**Task directions:** Reproduce the lines of the listing exactly, beginning at the top, until the line with "read, are errors." has been reproduced too.

---------------

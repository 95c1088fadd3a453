//! Moves and rows of an open session.

use sshc_auth::Error;
use sshc_client_rows::{RowFlow, keepalive_timer};
use sshc_client_state::{Ask, Connection};
use sshc_wire::Ticket;

/// Sends a ping whose reply resolves the ticket, and then does what a session does when its keepalive timer runs out.
pub fn ping_and_time(session: &mut Connection, ticket: Ticket) -> Result<RowFlow, Error> {
    session.ask(&Ask::Ping { ticket })?;
    keepalive_timer(session)
}
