//! An agent in a script.

use sshc_key::LocalSigner;
use sshc_run_agent::{ServedAgent, read_agent_event};
use sshc_run_reader::EventKind;
use sshc_wire::Outbox;
use std::alloc::Global;

/// Leaves in `out` the records of an agent's event at a moment in milliseconds. `false` if its fields can't be read, or
/// out of memory.
pub fn agent_records<G: LocalSigner>(
    alloc: Global,
    agent: &mut ServedAgent,
    now: u64,
    kind: EventKind,
    fields: &[u8],
    signer: &mut G,
    out: &mut Outbox,
) -> bool {
    match read_agent_event(alloc, kind, fields) {
        Ok(event) => agent.take(now, &event, signer, out).is_ok(),
        Err(_) => false,
    }
}
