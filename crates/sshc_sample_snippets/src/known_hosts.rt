//! Known hosts files.

use sshc_hosts::{check_known_hosts_path, learn_known_hosts_path};
use sshc_key::{Error, PublicKey};
use sshc_wire::Files;
use std::alloc::Global;

/// Whether the file has this key for the host already; if it has no key for the host, the key is added. A changed key,
/// a revoked one, and a line for the host that can't be read, are errors.
pub fn trust_on_first_use<F: Files>(
    alloc: Global,
    files: &mut F,
    host: &str,
    port: u16,
    key: &PublicKey,
    path: &str,
) -> Result<bool, Error> {
    if check_known_hosts_path(alloc, files, host, port, key, path)? {
        return Ok(true);
    }
    learn_known_hosts_path(alloc, files, host, port, key, path)?;
    Ok(false)
}
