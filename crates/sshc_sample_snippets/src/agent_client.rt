//! A client of an agent.

use sshc_ask::AgentClient;
use sshc_key::{AgentIdentity, Error};
use sshc_wire::AgentStream;
use std::alloc::Global;

/// The keys that an agent at the other end of a stream holds, and the stream, for more calls.
pub fn keys_of<S: AgentStream>(alloc: Global, stream: S) -> (S, Result<Vec<AgentIdentity>, Error>) {
    let mut client = AgentClient::connect(alloc, stream);
    let found = client.request_identities();
    (client.into_inner(), found)
}
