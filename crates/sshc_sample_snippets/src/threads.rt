//! One agent for many threads.

use sshc_agent_core::{AgentInput, AgentOutput};
use sshc_agent_shared::{AgentShared, CallRefused, Seat, Settings};
use sshc_key::LocalSigner;
use std::sync::Wait;

/// One input on a connection of its own. The seat has the call with its answer; `AgentShared::close` compares all seats
/// with the agent's history.
pub fn ask_once<L: Settings, G: LocalSigner, R: Wait>(
    rt: &R,
    shared: &AgentShared<L>,
    now: u64,
    input: AgentInput,
    signer: &mut G,
) -> Result<(Seat<L>, Result<AgentOutput, CallRefused>), CallRefused> {
    let seat = shared.connect(rt)?;
    Ok(shared.call(rt, seat, now, input, signer))
}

---------------

**Problem solution:**
repository 95c1088fadd3a453
//! Moves and rows of an open session.

use sshc_auth::Error;
use sshc_client_rows::{RowFlow, keepalive_timer};
use sshc_client_state::{Ask, Connection};
use sshc_wire::Ticket;

/// Sends a ping whose reply resolves the ticket, and then does what a session does when its keepalive timer runs out.
pub fn ping_and_time(session: &mut Connection, ticket: Ticket) -> Result<RowFlow, Error> {
    session.ask(&Ask::Ping { ticket })?;
    keepalive_timer(session)
}
//! An agent in a script.

use sshc_key::LocalSigner;
use sshc_run_agent::{ServedAgent, read_agent_event};
use sshc_run_reader::EventKind;
use sshc_wire::Outbox;
use std::alloc::Global;

/// Leaves in `out` the records of an agent's event at a moment in milliseconds. `false` if its fields can't be read, or
/// out of memory.
pub fn agent_records<G: LocalSigner>(
    alloc: Global,
    agent: &mut ServedAgent,
    now: u64,
    kind: EventKind,
    fields: &[u8],
    signer: &mut G,
    out: &mut Outbox,
) -> bool {
    match read_agent_event(alloc, kind, fields) {
        Ok(event) => agent.take(now, &event, signer, out).is_ok(),
        Err(_) => false,
    }
}
filename crates/sshc_sample_snippets/src/known_hosts.rt
//! Known hosts files.

use sshc_hosts::{check_known_hosts_path, learn_known_hosts_path};
use sshc_key::{Error, PublicKey};
use sshc_wire::Files;
use std::alloc::Global;

/// Whether the file has this key for the host already; if it has no key for the host, the key is added. A changed key,
/// a revoked one, and a line for the host that can't be read, are errors.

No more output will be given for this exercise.